# Skid steer tracks



## wyoming 1 (May 7, 2008)

I am looking at a set of tracks for a bobcat 763 and I was looking at the cheaper ones in norther tool they are called tracks plus and run $1200 plus shipping. I am a big believer in you get what you pay for but I would only use these maybe 40hrs a year but I don't want to spend the money if they break or fall apart the first day. So has any buddy else tried them? If not what type do you recomend and ruff cost for them. Thanks


----------



## Mitchell Const. (Jan 25, 2009)

Look into Grouser or Loegering tracks for steel tracks I have had grousers & they were very tough but they are garbage in sand. I sold my set with 400 hours on them for $1200.00 I then bought a set of solideal rubber tracks I've got about 150 hours on them now I like them


----------



## tgeb (Feb 9, 2006)

I don't know anything about the tracks Northern tool sells.

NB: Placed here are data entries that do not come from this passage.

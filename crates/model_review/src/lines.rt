//! Findings as lines.

ghost use Rattle.std.specs.Prelude.{◌≡◌, ◌++◌, ◌==◌, ◌-◌, [], IfOk, None, OnOk, Some, codes, cond, decimal, flat_map, map, option_copied, slice_get};
ghost use Rattle.std.specs.Option.{option_map_or};
ghost use Rattle.fault_system.specs.Systems.{event_name, fact_name};
ghost use Rattle.instantiator.specs.Whole.{effective_in};
ghost use Rattle.model_facts.specs.Assembly.{model_at};
ghost use Rattle.model_facts.specs.Facts.{fact_in};
ghost use Rattle.model_facts.specs.Names.{behind, fact_name as its_fact_name, path_at, path_text, point_name, type_text};
ghost use Rattle.model_facts.specs.declared.keys.FactKind.TheVariants.{State};
ghost use Rattle.model_review.specs.Lines.{connection_name, direction, dotted, event_names, finding_text, flow_at, flow_text, further_names, further_types, is_no_sink, part_text, side_text, type_list, types_text, unlinked_name, unlinked_text, user_path_name};

use crate::finding::{Finding, TypesAt};
use crate::view::View;
use aadl_syntax::{Flow, FlowKind, Identifier};
use component_extension::{Effective, InClause};
use error_types::TypeTable;
use event_rates::UnusedRate;
use fault_system::FaultSystem;
use itoa::Buffer;
use model_facts::{Assembly, FactKey, FactKind, fact_name};
use plain_values::{List, Mem, Name};
use propagation_links::{Link, PointAt, Unlinked};
use propagation_points::Point;
use std::alloc::Global;
use stray_bindings::StrayBinding;
use system_review::Loop;
use uneven_parts::{QuietState, UnlikeState};
use unread_parts::Part;

/// The lines of these findings of a model.
pub(crate) fn lines_of(alloc: Global, view: &View, findings: &[Finding]) -> Mem<List<Name>>
    ensures { IfOk result (λ lines. lines ≡ map (finding_text view.now) findings.now) }
{
    let mut lines = List::new(alloc);
    for finding in findings {
        lines.push(line_of(alloc, view, finding)?)?;
    }
    Ok(lines)
}

/// The line of a finding.
fn line_of(alloc: Global, view: &View, finding: &Finding) -> Mem<Name>
    ensures { IfOk result (λ line. line ≡ finding_text view.now finding.now) }
{
    let mut text = Vec::new(alloc);
    push_text(alloc, &mut text, view, finding)?;
    List::of(text)
}

fn push_text(alloc: Global, text: &mut Vec<u8>, view: &View, finding: &Finding) -> Mem<()>
    ensures { OnOk result (text.new.items ≡ text.old.items ++ finding_text view.now finding.now) }
{
    let assembly = view.assembly();
    match finding {
        Finding::HiddenSource(owner, flow, at) => {
            push_flow_at(text, b"hidden-source ", assembly, *owner, *flow, at)
        }
        Finding::HiddenPath(owner, flow, at) => {
            push_flow_at(text, b"hidden-path ", assembly, *owner, *flow, at)
        }
        Finding::HiddenLink(from, at) => push_link(text, assembly, *from, at),
        Finding::HiddenTransitions(owner, count) => push_count(text, assembly, *owner, *count),
        Finding::NotDeclared(at, to) => push_other(text, assembly, at, *to),
        Finding::StopsHere(at) => push_at(text, b"stops-here ", assembly, at),
        Finding::SinkLeaves(at) => push_at(text, b"sink-leaves ", assembly, at),
        Finding::GoesNowhere(at) => push_at(text, b"goes-nowhere ", assembly, at),
        Finding::NoLink(one) => push_unlinked(text, assembly, *one),
        Finding::TwoWays(link) => push_ways(text, assembly, *link),
        Finding::Open(at) => push_at(text, b"open ", assembly, at),
        Finding::Dry(at) => push_at(text, b"dry ", assembly, at),
        Finding::NoSource(side) => push_side_at(text, b"no-source ", assembly, *side),
        Finding::Never(at) => push_at(text, b"never ", assembly, at),
        Finding::NeverState(state) => push_state(alloc, text, b"never ", assembly, 0, *state),
        Finding::Always(at) => push_at(text, b"always ", assembly, at),
        Finding::AlwaysState(owner, state) => {
            push_state(alloc, text, b"always ", assembly, *owner, *state)
        }
        Finding::UnusedState(owner, state) => {
            push_state(alloc, text, b"unused-state ", assembly, *owner, *state)
        }
        Finding::Unlike(one) => push_unlike(text, view.system(), *one),
        Finding::Quiet(one) => push_quiet(text, view.system(), assembly, *one),
        Finding::InModes(part) => push_in_modes(text, assembly, part),
        Finding::UnreadBinding(part) => push_unread(text, assembly, part),
        Finding::StrayPath(stray) => push_stray(text, assembly, stray),
        Finding::StrayRate(rate) => push_rate(text, assembly, rate),
        Finding::CoreRate(part) => push_core_rate(text, assembly, part),
        Finding::TypeRoot(one) => push_two(text, b"type-root root ", one.name.items()),
        Finding::InLoop(one) => push_loop(text, view.system(), *one),
        Finding::UnusedEvent(event) => push_event(text, b"unused-event ", view.system(), *event),
        Finding::NoSingle(event) => push_event(text, b"no-single ", view.system(), *event),
        Finding::NoEffect => push_two(text, b"no-effect ", b"root"),
        Finding::UnreachedEvents(events) => {
            push_events(text, b"unreached-event", view.system(), events.items())
        }
    }
}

I have a set of McLaren tracks with the rubber pads and they work real well. Cost about 3,200 for the pair a few years ago.

Grouser and Loegering products are also very reliable.


----------



## wyoming 1 (May 7, 2008)

thanks guys If I go cheap I will post back


----------



## Trencher (Mar 6, 2007)

Right now I am in the market for the very same thing. I have been getting quotes in from all over the place. 


Rubbertrax.com - 320mm widths (OEM) $1050 ea. with a 1 year warranty
Rubbertracks.com - 320mm --- $1685/set (Duraforce)
Now, I don't know if these are reputable vendors, but these are the prices I am looking at versus going through Bridgestone, which will be $2000 ea.

When I was in Wyoming doing work rubber tracks SUCK in the winter, but are awesome in the summer! They do make chains for the tracks, but you need some moulah to get them. You certainly cannot put studs in them, unless you do not care about the last bit of intergrity the tracks have.


----------



## Redneckpete (Feb 22, 2008)

The cheap ones based on chain loops are garbage. You want the full grouser style tracks.

Pete


----------



## wyoming 1 (May 7, 2008)

I looked at the chain ones an thought the same thing. I bought a set of tracks plus from motion dynamics they are the cheaper ones, total with shipping was around $1450 My bobcat has 10" tires. Here in wyoming we have three seasons winter, mud season, and summer I will let you know they should be here next week


----------



## tgeb (Feb 9, 2006)

Let us know how they work out for you.

I looked those up and they look kind of flimsy to me. It will be interesting to know how well they hold up.

Once you start running with tracks, you will use them more than you initially think you would.

When I ran tracks on my New Holland 665, I would keep them on most of the winter and into the spring.


----------



## Childress Homes (Dec 6, 2008)

I just bought a used set of grousers today with about 65 to 75% left on them off Craigs List from a local rental mart that replaced their skid steer with a track loader. I paid 750.00 for them and got numerous extra bushings and bolts. I cant wait to put them on and see how they work. :thumbup:


----------



## wyoming 1 (May 7, 2008)

Well my #1 son (he's 3.5) and I put the new tracks on on Saturday with his help it took a little over an hour. It went to the field Monday and they worked great I put about 7 hrs on them and so far so good we will see how they hold up in the long run. I think they will hold up o.k. I like the looks of them, the wide pads had good flotation in the mud.


----------



## skidsteer.ca (Apr 12, 2009)

They will be good, I have sold about 30 sets of them and you can't beat the bang for the buck. The only thing they won't do is run in wet sticky snow. Just build ice balls inside at get too tight.
Had one customer break a few links between the pads until he noticed one of his buckets catching on the tracks. They have been 100%. Likely easiest to install and best floatation because of the reduced weight.
Ken


----------